Gezielte Spionage war wohl das Ziel eines Cyberangriffes auf europäische und andere Unternehmen Ende 2019. In Zusammenarbeit mit zwei der betroffenen Firmen (die US-Konzerne Collins Aerospace und General Dynamics) konnten die ESET Forscher Einblicke in die Vorgehensweise der Spionagegruppe erhalten und eine bisher unbekannte Malware analysieren. Die Spionage-Aktivitäten bezeichnen die Experten des europäischen IT-Sicherheitsherstellers als „Operation In(ter)ception“. Collins Aerospace ist in Deutschland mit vier Standorten in Hamburg, Lippstadt, Lübeck und Heidelberg vertreten. General Dynamics European Land Systems ist in Deutschland in Berlin, Neubrandenburg und Kaiserslautern präsent.
Die Kampagne war sehr zielgerichtet und darauf ausgelegt, viele Informationen zu erlangen und dabei unerkannt zu bleiben. Um die Ziele zu kompromittieren, nutzten die Angreifer Social-Engineering Methoden. Über LinkedIn schrieben die Hacker Mitarbeiter der betroffenen Unternehmen an und unterbreiteten diesen lukrative, aber gefälschte Jobangebote. Datendiebstahl war aber nicht ihr einziges Ziel. Mit den gekaperten E-Mail-Accounts sollten auch Kunden der infiltrierten Unternehmen zu Zahlungen gefälschter Rechnungen gebracht werden. Ihre Analyse und detaillierte Informationen haben die ESET Forscher heute in einem Whitepaper auf dem hauseigenen Blog WeLiveSecurity veröffentlicht (Autoren: Dominik Breitenbacher und Kaspars Osis).
„Die Angriffe, die wir untersucht haben, enthielten alle Merkmale einer Cyberspionage-Kampagne. Wir konnten im Zuge unserer Analyse mehrere Hinweise entdecken, die wir mit der einschlägig bekannten Lazarus-Gruppe in Verbindung bringen können“, so Dominik Breitenbacher, ESET Malware Researcher. „Weder die Malware-Analyse noch die nachfolgenden Untersuchungen ermöglichten eine klare Aussage, auf welche Dateien es die Angreifer genau abgesehen haben.“
Social Engineering: Die Tür ins Unternehmensnetzwerk
Im aktuellen Fall haben die Angreifer auf Social-Engineering Methoden gesetzt. Mit Fake-Profilen bei LinkedIn gaben sie sich als vermeintliche Mitarbeiter der Personalabteilung von namhaften Luft- und Raumfahrt- sowie Rüstungskonzernen wie Collins Aerospace und General Dynamics aus.
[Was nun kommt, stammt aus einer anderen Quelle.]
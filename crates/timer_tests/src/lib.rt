//! The tests of the allocator that refuses, of timers and of tables: of `refusing`, `timer_queue` and `timed_table`.
//!
//! Stands on these three. There is nothing in it but tests.
#![tactic(auto)]

#[cfg(test)]
mod tests;
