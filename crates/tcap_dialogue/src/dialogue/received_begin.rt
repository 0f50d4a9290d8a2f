//! A Begin that is received, which creates a dialogue.

// Hints to inline: each Begin that is received runs through it; docs/PERF.md says what the whole of it inlined gains.

ghost use Rattle.std.specs.Prelude.{◌≡◌, ◌+◌, ◌≤◌, [], Option, false, length, IfOk, IfSome};
ghost use Rattle.ber_core.specs.ObjectIdentifier.{IsObjectIdentifier};
ghost use Rattle.ber_core.specs.Place.{Slice};
ghost use Rattle.tcap_component.specs.ComponentReading.{components_of};
ghost use Rattle.tcap_dialogue.specs.BeginMemory.{begin_indication_octets, HoldsNothing, IsBeginMemory};
ghost use Rattle.tcap_dialogue.specs.Beginning.{begun, begun_from};
ghost use Rattle.tcap_reception.specs.PortionParts.{GivenIn, context_of_portion, info_of_portion};
ghost use Rattle.tcap_primitives.specs.Slices.{AllInPlace, LieInPlace};
ghost use Rattle.tcap_dialogue.specs.StepViews.{StepsTo, at_clock, outcome};
ghost use Rattle.tcap_invocation.specs.Stage.{moment_limit};
ghost use Rattle.tcap_model.specs.Table.TableMove.{born};

use super::Dialogue;
use super::begin_memory::BeginMemory;
use super::kept_address::keep_found;
use super::portion_parts::parts_of;
use super::spares::Spares;
use crate::component_handling::component_portion::handle_components;
use ber_core::OutOfMemory;
use std::alloc::Allocator;
use tcap_address::Address;
use tcap_pdu::TransId;
use tcap_primitives::{Indication, Output, Sink, SinkKind};

impl<A: Allocator + Copy> Dialogue<A> {
    /// The dialogue with this identifier that a Begin creates at this moment, and what is told.
    /// `reject_ms`, `idle_ms` and `clock` are at most 2^62 milliseconds, `from` is the address of its sender,
    /// which is kept, `otid` the originator, `aarq` the contents octets of the application context name and
    /// the user information of its AARQ, if it has one, and `components` the contents of its component
    /// portion (Q.774, Dialogue begin).
    pub fn accept<'m>(
        alloc: A,
        identifier: u32,
        reject_ms: u64,
        idle_ms: u64,
        from: &Address,
        otid: &TransId,
        aarq: Option<(&'m [u8], &'m [u8])>,
        components: &'m [u8],
        clock: u64,
    ) -> Result<(Dialogue<A>, Vec<Output<'m, A>, A>), OutOfMemory>
        requires reject { reject_ms ≤ moment_limit }
        requires idle { idle_ms ≤ moment_limit }
        requires clock { clock ≤ moment_limit }
        requires named { IfSome aarq (λ a. IsObjectIdentifier a.0.now) }
        // What is told, and the dialogue.
        ensures ok { IfOk result (λ r. begun r.1.items r.0
            ≡ outcome (born (at_clock clock) identifier reject_ms idle_ms from.now otid.now
            (context_of_portion aarq.entry) (info_of_portion aarq.entry) components.now)) }
        // The slices that are told are those that were given, and parts of the component portion.
        ensures place { (portion : Option Slice) → GivenIn 0x60 aarq.entry portion
            → IfOk result (λ r. AllInPlace portion components.entry r.1.items) }
    {
        let mut sink = Sink::vector(alloc);
        let mut spares = Spares::new(alloc);
        let mut memory = BeginMemory::new(alloc);
        memory.find(&mut spares, from, aarq, components, &mut sink)?;
        let mut dialogue = Dialogue::fresh(alloc, identifier, reject_ms, idle_ms);
        dialogue.take_begin_with(
            &mut memory,
            &mut spares,
            from,
            otid,
            aarq,
            components,
            clock,
            &mut sink,
        );
        Ok((dialogue, sink.into_vector()))
    }

    /// The Begin that creates the dialogue, in which nothing has happened: what is told is appended to what a sink
    /// holds. The arguments are those of `accept`, and the memory is what `BeginMemory::find` found for this Begin,
    /// which then holds nothing (Q.774, Dialogue begin).
    // The dialogue stands where it is to stay: it is 192 octets, and made before it stands in a table it was moved
    // there, some 60 instructions a Begin. So all memory is found first, and nothing is refused any more.
    #[inline(always)]
    pub fn take_begin_with<'m, K: SinkKind>(
        &mut self,
        memory: &mut BeginMemory<A>,
        spares: &mut Spares<A>,
        from: &Address,
        otid: &TransId,
        aarq: Option<(&'m [u8], &'m [u8])>,
        components: &'m [u8],
        clock: u64,
        sink: &mut Sink<'m, A, K>,
    )
        requires clock { clock ≤ moment_limit }
        requires queue { self.old.standing.queue ≡ [] }
        requires found { IsBeginMemory memory.old spares.old from.now (context_of_portion aarq)
            (length (components_of components.now)) }
        requires places { 1 + length (components_of components.now) ≤ sink.old.places }
        requires octets { begin_indication_octets aarq + length components.now ≤ sink.old.octets }
        ensures nothing { HoldsNothing memory.new }
        // What is told, and the dialogue.
        ensures told { StepsTo sink.old.outputs sink.new.outputs false self.new
            (outcome (begun_from clock self.old from.now otid.now (context_of_portion aarq.entry)
            (info_of_portion aarq.entry) components.now)) }
        // The slices that are told are those that were given, and parts of the component portion.
        ensures place { (portion : Option Slice) → GivenIn 0x60 aarq.entry portion
            → LieInPlace portion components.entry sink.old.slices
            → LieInPlace portion components.entry sink.new.slices }
    {
        let (context, info) = parts_of(aarq);
        sink.tell(Indication::Begin {
            dialogue: self.identifier,
            context,
            info,
        });
        handle_components(
            self.identifier,
            clock,
            components,
            spares,
            &mut self.invocations,
            &mut memory.queue,
            sink,
        );
        self.take_queue(spares, &mut memory.queue);
        keep_found(from, &mut memory.names, &mut self.kept, &mut self.context);
        self.phase.receive_begin(otid);
    }
}
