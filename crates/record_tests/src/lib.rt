//! The tests of `tcap_record`: the record of an event of each kind, octets that are none, and replays.
//!
//! Stands on `tcap_record` and `tcap_engine`. It has no function but the tests.
#![tactic(auto)]

#[cfg(test)]
mod tests;
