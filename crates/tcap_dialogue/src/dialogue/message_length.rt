//! How long the message of a request would be (our own).

// Hints to inline: where the caller knows the kind of request, the match on it folds away, and those on its answer.

ghost use Rattle.std.specs.Prelude.{◌≡◌, Option, Some, None, IfOk, IfErr};
ghost use Rattle.tcap_dialogue.specs.MessageLength.{IsJudged, IsJudgedBy, octets_of};
ghost use Rattle.tcap_dialogue.specs.RequestMessages.{outgoing_view};
ghost use Rattle.tcap_model.specs.Words.Fault as model_fault;
ghost use Rattle.tcap_pdu.specs.FrameSpelling.{Message};
ghost use Rattle.tcap_primitives.specs.FaultViews.{fault_view};
ghost use Rattle.tcap_primitives.specs.RequestViews.{request_view};

use super::Dialogue;
use std::alloc::Allocator;
use tcap_primitives::{Fault, Outgoing, Request};

/// How many octets a message has, if there is one.
#[inline(always)]
fn length_of(message: Option<Outgoing<'_>>) -> Option<usize>
    ensures { result ≡ octets_of (outgoing_view message.entry) }
{
    match message {
        None => None,
        Some(message) => Some(message.len()),
    }
}

/// How many octets a message has, if there is one and no fault is due.
#[inline(always)]
fn judged(message: Result<Option<Outgoing<'_>>, Fault>) -> Result<Option<usize>, Fault>
    ensures { (m : Option Message) (due : Option model_fault.Fault)
        → IfOk message.entry (λ v. (outgoing_view v ≡ m) × (due ≡ None))
        → IfErr message.entry (λ f. due ≡ Some (fault_view f)) → IsJudgedBy m due result }
{
    match message {
        Ok(message) => Ok(length_of(message)),
        Err(fault) => Err(fault),
    }
}

impl<A: Allocator + Copy> Dialogue<A> {
    /// How many octets the message has that this request would send now, `None` where it sends none; a request of
    /// component handling sends none, and isn't judged. Faults: those of a request of dialogue handling, in their
    /// order, but `OutOfMemory`. It takes no memory (our own).
    #[inline(always)]
    pub fn message_length(&self, request: &Request<'_>) -> Result<Option<usize>, Fault>
        ensures { IsJudged self.now (request_view request.now) result }
    {
        match *request {
            Request::Invoke(_)
            | Request::ResultLast(_)
            | Request::ResultMore(_)
            | Request::ErrorBack(_)
            | Request::Reject(_)
            | Request::Cancel(_) => Ok(None),
            Request::Uni(uni) => judged(self.uni_message(&uni)),
            Request::Begin(begin) => judged(self.begin_message(&begin)),
            Request::Continue(go_on) => judged(self.continue_message(&go_on)),
            Request::End(end) => judged(self.end_message(&end)),
            Request::Abort(abort) => judged(self.abort_message(&abort)),
        }
    }
}
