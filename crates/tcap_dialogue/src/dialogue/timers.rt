//! What lapses with time, invocation by invocation, and how a dialogue ends that stays idle.

// Hints to inline: each step of an engine runs through it; docs/PERF.md says what the whole of it inlined gains.

ghost use Rattle.std.specs.Prelude.{◌≡◌, ◌≢◌, ◌≤◌, ◌+◌, ◌++◌, [], ◌∷◌, length, IfSome, IfOk, OnOk, OnErr};
ghost use Rattle.tcap_dialogue.specs.Timers.{after_timer, earliest, expiry_by, first_by, idle_by, lapse_told, timer_of};
ghost use Rattle.tcap_invocation.specs.Closing.{ended_at, first_ended_at, after_close_one};
ghost use Rattle.tcap_invocation.specs.Expiries.{RunsOut, after_expiry, lapse_in};
ghost use Rattle.tcap_invocation.specs.Lapses.{due_at, told_at, first_due_at, lapse_at, after_lapse, after_lapse_one, after_free_due};
ghost use Rattle.tcap_invocation.specs.Stage.{moment_limit};
ghost use Rattle.tcap_invocation.specs.Timers.{next_timer_at};
ghost use Rattle.tcap_model.specs.Table.Dialogue.{idle_end, touched_at, with_invocations};
ghost use Rattle.tcap_model.specs.Table.TableMove.{ended_told};
ghost use Rattle.tcap_model.specs.Words.Output as model;
ghost use Rattle.tcap_model.specs.Words.Output.{AbortCause, DialogueIndication};

use super::Dialogue;
use super::ended_invocations::tell_ended;
use ber_core::OutOfMemory;
use std::alloc::Allocator;
use tcap_invocation::{Expiry, Lapse};
use tcap_primitives::{Indication, Sink, SinkKind, Why};

/// What a timer of a dialogue is of.
#[derive(Clone, Copy, Debug, PartialEq, Eq)]
pub enum Timer {
    /// An invocation lapses (Q.774, Invocation timer).
    Lapse,
    /// Identifiers are free that have waited for a Reject (Q.774, Reject timer).
    Wait,
    /// The dialogue has been idle too long (own).
    Idle,
}

/// The earlier of two moments, of which each may be absent.
#[inline(always)]
fn earliest(first: Option<u64>, second: Option<u64>) -> Option<u64>
    ensures { result ≡ earliest first second }
{
    match (first, second) {
        (None, other) | (other, None) => other,
        (Some(one), Some(other)) => Some(if other < one { other } else { one }),
    }
}

impl<A: Allocator + Copy> Dialogue<A> {
    /// The clock is at this moment: takes out each Sent invocation whose deadline is at most the clock,
    /// told by deadline, then number, and untold each identifier whose wait is over by then
    /// (TC-L-CANCEL indication).
    pub fn lapse(&mut self, clock: u64) -> Result<Vec<Lapse, A>, OutOfMemory>
        ensures told { IfOk result (λ lapses. lapses.items ≡ told_at clock self.old.invocations.rows) }
        ensures dialogue { OnOk result (self.new
            ≡ with_invocations self.old (after_lapse self.old.invocations clock)) }
        ensures err { OnErr result (self.new ≡ self.old) }
        ensures memory { OnErr result (told_at clock self.old.invocations.rows ≢ []) }
    {
        self.invocations.lapse(clock)
    }

    /// The moment at which time next changes something: the least deadline of a Sent invocation or end of
    /// the wait of an identifier, or the moment at which the dialogue has been idle too long, in
    /// milliseconds, at most 2^63. Nothing where there is none. It takes no memory (own).
    #[inline(always)]
    pub fn next_timer(&self) -> Option<u64>
        ensures { result ≡ earliest (next_timer_at self.now.invocations.rows) (idle_end self.now) }
    {
        earliest(self.invocations.next_timer(), self.idle_at())
    }

    /// The moment at which the dialogue has been idle too long: its idle limit after its last activity,
    /// in milliseconds, at most 2^63. Nothing unless it is Sent or Active and has an idle limit. It takes
    /// no memory (own).
    pub fn idle_at(&self) -> Option<u64>
        ensures { result ≡ idle_end self.now }
    {
        if self.phase.is_live() && 0 < self.idle_ms {
            Some(self.touched + self.idle_ms)
        } else {
            None
        }
    }

    /// The moment at which the dialogue had been idle too long, if the clock has reached it.
    #[inline(always)]
    fn idle_by(&self, clock: u64) -> Option<u64>
        ensures { result ≡ idle_by clock self.now }
    {
        let time = self.idle_at()?;
        if time <= clock { Some(time) } else { None }
    }

    /// The first timer runs out, if its moment is at most the clock, which is at most 2^62: an invocation lapses, which
    /// is told (TC-L-CANCEL indication), or each identifier whose wait is over then is free, or the end of the
    /// dialogue, which has been idle too long, is put off as by `touch`. At one moment the idle limit comes last. What
    /// it was of, or nothing where no moment is reached. There is room for all that lapses by the clock. It takes no
    /// memory.
    pub fn expire_first<'m, K: SinkKind>(
        &mut self,
        clock: u64,
        sink: &mut Sink<'m, A, K>,
    ) -> Option<Timer>
        requires clock { clock ≤ moment_limit }
        requires places { length (told_at clock self.old.invocations.rows) ≤ sink.old.places }
        ensures timer { result ≡ timer_of (expiry_by clock self.old) (idle_by clock self.old) }
        ensures dialogue { self.new ≡ after_timer clock (expiry_by clock self.old) (idle_by clock self.old) self.old }
        ensures told { sink.new.outputs ≡ sink.old.outputs
            ++ lapse_told self.old.standing.identifier (lapse_in (expiry_by clock self.old)) }
        ensures places { sink.old.places ≤ sink.new.places + length
            (lapse_told self.old.standing.identifier (lapse_in (expiry_by clock self.old))) }
        // What lapses and what is left from then on is the same.
        ensures rest { RunsOut (first_by clock self.old) (expiry_by clock self.old) self.old.invocations
            (after_expiry self.old.invocations (first_by clock self.old) (expiry_by clock self.old)) }
    {
        let idle = self.idle_by(clock);
        match self.invocations.expire_first(idle.unwrap_or(clock)) {
            Some(Expiry::Lapse(lapse)) => {
                sink.tell(Indication::Lapsed {
                    dialogue: self.identifier,
                    number: lapse.number,
                    id: lapse.id,
                });
                Some(Timer::Lapse)
            }
            Some(Expiry::Wait) => Some(Timer::Wait),
            None => {
                idle?;
                self.touch(clock);
                Some(Timer::Idle)
            }
        }
    }

    /// The idle timer starts anew at this moment of the clock, at most 2^62: for a caller that puts its
    /// end off until all lapses of the moment are told. It takes no memory (own).
    #[inline(always)]
    pub fn touch(&mut self, clock: u64)
        requires { clock ≤ moment_limit }
        ensures { self.new ≡ touched_at self.old clock }
    {
        self.touched = clock;
    }

    /// How many invocations are Queued or Sent: so many are told at the end of the dialogue. It takes no
    /// memory.
    pub fn open_count(&self) -> usize
        ensures { result ≡ length (ended_at self.now.invocations.rows) }
    {
        self.invocations.open_count()
    }

    /// The dialogue is over: takes out the first invocation that is Queued or Sent and gives its number
    /// and identifier, or nothing where there is none. It takes no memory.
    pub fn close_one(&mut self) -> Option<(u64, i8)>
        ensures told { result ≡ first_ended_at self.old.invocations.rows }
        ensures dialogue { self.new ≡ with_invocations self.old (after_close_one self.old.invocations) }
        // What is told from here on is the rest.
        ensures rest { IfSome result (λ one. ended_at self.old.invocations.rows
            ≡ one ∷ ended_at self.new.invocations.rows) }
    {
        self.invocations.close_one()
    }

    /// The dialogue has been idle too long and is over: TC-P-ABORT, and each invocation that is left, by number; there
    /// is room for all. It takes no memory (own).
    pub fn abort_idle<'m, K: SinkKind>(&mut self, sink: &mut Sink<'m, A, K>)
        requires { 1 + length (ended_at self.old.invocations.rows) ≤ sink.old.places }
        ensures told { sink.new.outputs ≡ sink.old.outputs
            ++ model.Output.dialogue (DialogueIndication.p_abort self.old.standing.identifier AbortCause.idle)
            ∷ ended_told self.old.standing.identifier self.old.invocations }
        ensures places { sink.old.places
            ≤ sink.new.places + (1 + length (ended_at self.old.invocations.rows)) }
    {
        sink.tell(Indication::PAbort {
            dialogue: self.identifier,
            why: Why::Idle,
        });
        tell_ended(self.identifier, &mut self.invocations, sink);
    }

    /// How many Sent invocations have a deadline at most the clock, in milliseconds.
    pub fn due_count(&self, clock: u64) -> usize
        ensures { result ≡ length (due_at clock self.now.invocations.rows) }
    {
        self.invocations.due_count(clock)
    }

    /// The Sent invocation whose deadline comes first, by deadline, then number, if it is at most the clock.
    pub fn first_due(&self, clock: u64) -> Option<Lapse>
        ensures { result ≡ first_due_at clock self.now.invocations.rows }
    {
        self.invocations.first_due(clock)
    }

    /// Takes out the Sent invocation with the identifier, if its deadline is at most the clock, in milliseconds.
    pub fn lapse_one(&mut self, id: i8, clock: u64) -> Option<Lapse>
        ensures lapse { result ≡ lapse_at clock self.old.invocations.rows id }
        ensures dialogue { self.new ≡ with_invocations self.old (after_lapse_one self.old.invocations id clock) }
        // If it is the first that is due, what is told from here on is the rest.
        ensures first { IfSome (first_due_at clock self.old.invocations.rows) (λ l. l.id ≡ id
            → told_at clock self.old.invocations.rows ≡ l ∷ told_at clock self.new.invocations.rows) }
        // What all lapses together leave is the same.
        ensures rest { after_lapse self.new.invocations clock ≡ after_lapse self.old.invocations clock }
    {
        self.invocations.lapse_one(id, clock)
    }

    /// Frees each identifier whose wait is over at the clock, in milliseconds.
    pub fn free_due(&mut self, clock: u64)
        ensures { self.new ≡ with_invocations self.old (after_free_due self.old.invocations clock) }
    {
        self.invocations.free_due(clock)
    }
}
Hierüber schrieben sie Mitarbeiter der anvisierten Konzerne an, schickten ihnen gefälschte Job-Angebote und erlangten so ihr Vertrauen. Mit einem Fuß in der Tür startete die zweite Phase, und maßgeschneiderte Schadprogramme kamen zum Einsatz. Die Malware verbarg sich in RAR-Archiven, die vermeintliche Details zu den Jobangeboten beinhalteten. Die angeschriebenen Mitarbeiter hätten eigentlich angesichts der mangelhaften Rechtschreibung und Grammatik misstrauisch werden sollen mit drei Fehlern in zwei kurzen Sätzen (I saw your profile in LinkedIn and then I like your enthusiasm. We welcomes elites like you).
Datendiebstahl und weitere Betrugsmasche
Nach der Infektion standen den Angreifern eine Vielzahl an Tools zur Verfügung. Dabei ging es den Hackern nicht nur darum Unternehmensdaten zu stehlen. In einem Fall haben sie über den gekaperten E-Mail-Account Kunden des Unternehmens angeschrieben, um vermeintlich offene Rechnungen bezahlen zu lassen.
Und wer steckt dahinter?
Die ESET Forscher konnten bei ihren Untersuchungen keine zwingenden Beweise für eine Verbindung von Operation In(ter)ception zu einer bekannten Spionagegruppe entdecken. Dennoch fanden die Experten mehrere Hinweise, die auf eine Verbindung mit der Lazarus-Gruppe hindeuten. Es bestehen Ähnlichkeiten in der Zielausrichtung, der Verwendung gefälschter LinkedIn-Konten, der Entwicklungsumgebung sowie den Techniken, um einer Erkennung zu entgehen. Die Lazarus-Gruppe ist 2009 das erste Mal entdeckt worden. Bekannt wurden die Cyberkriminellen 2014 mit ihrem Angriff auf Sony Pictures. Angeblich sollen sie in Verbindung mit dem nordkoreanischen Geheimdienst stehen.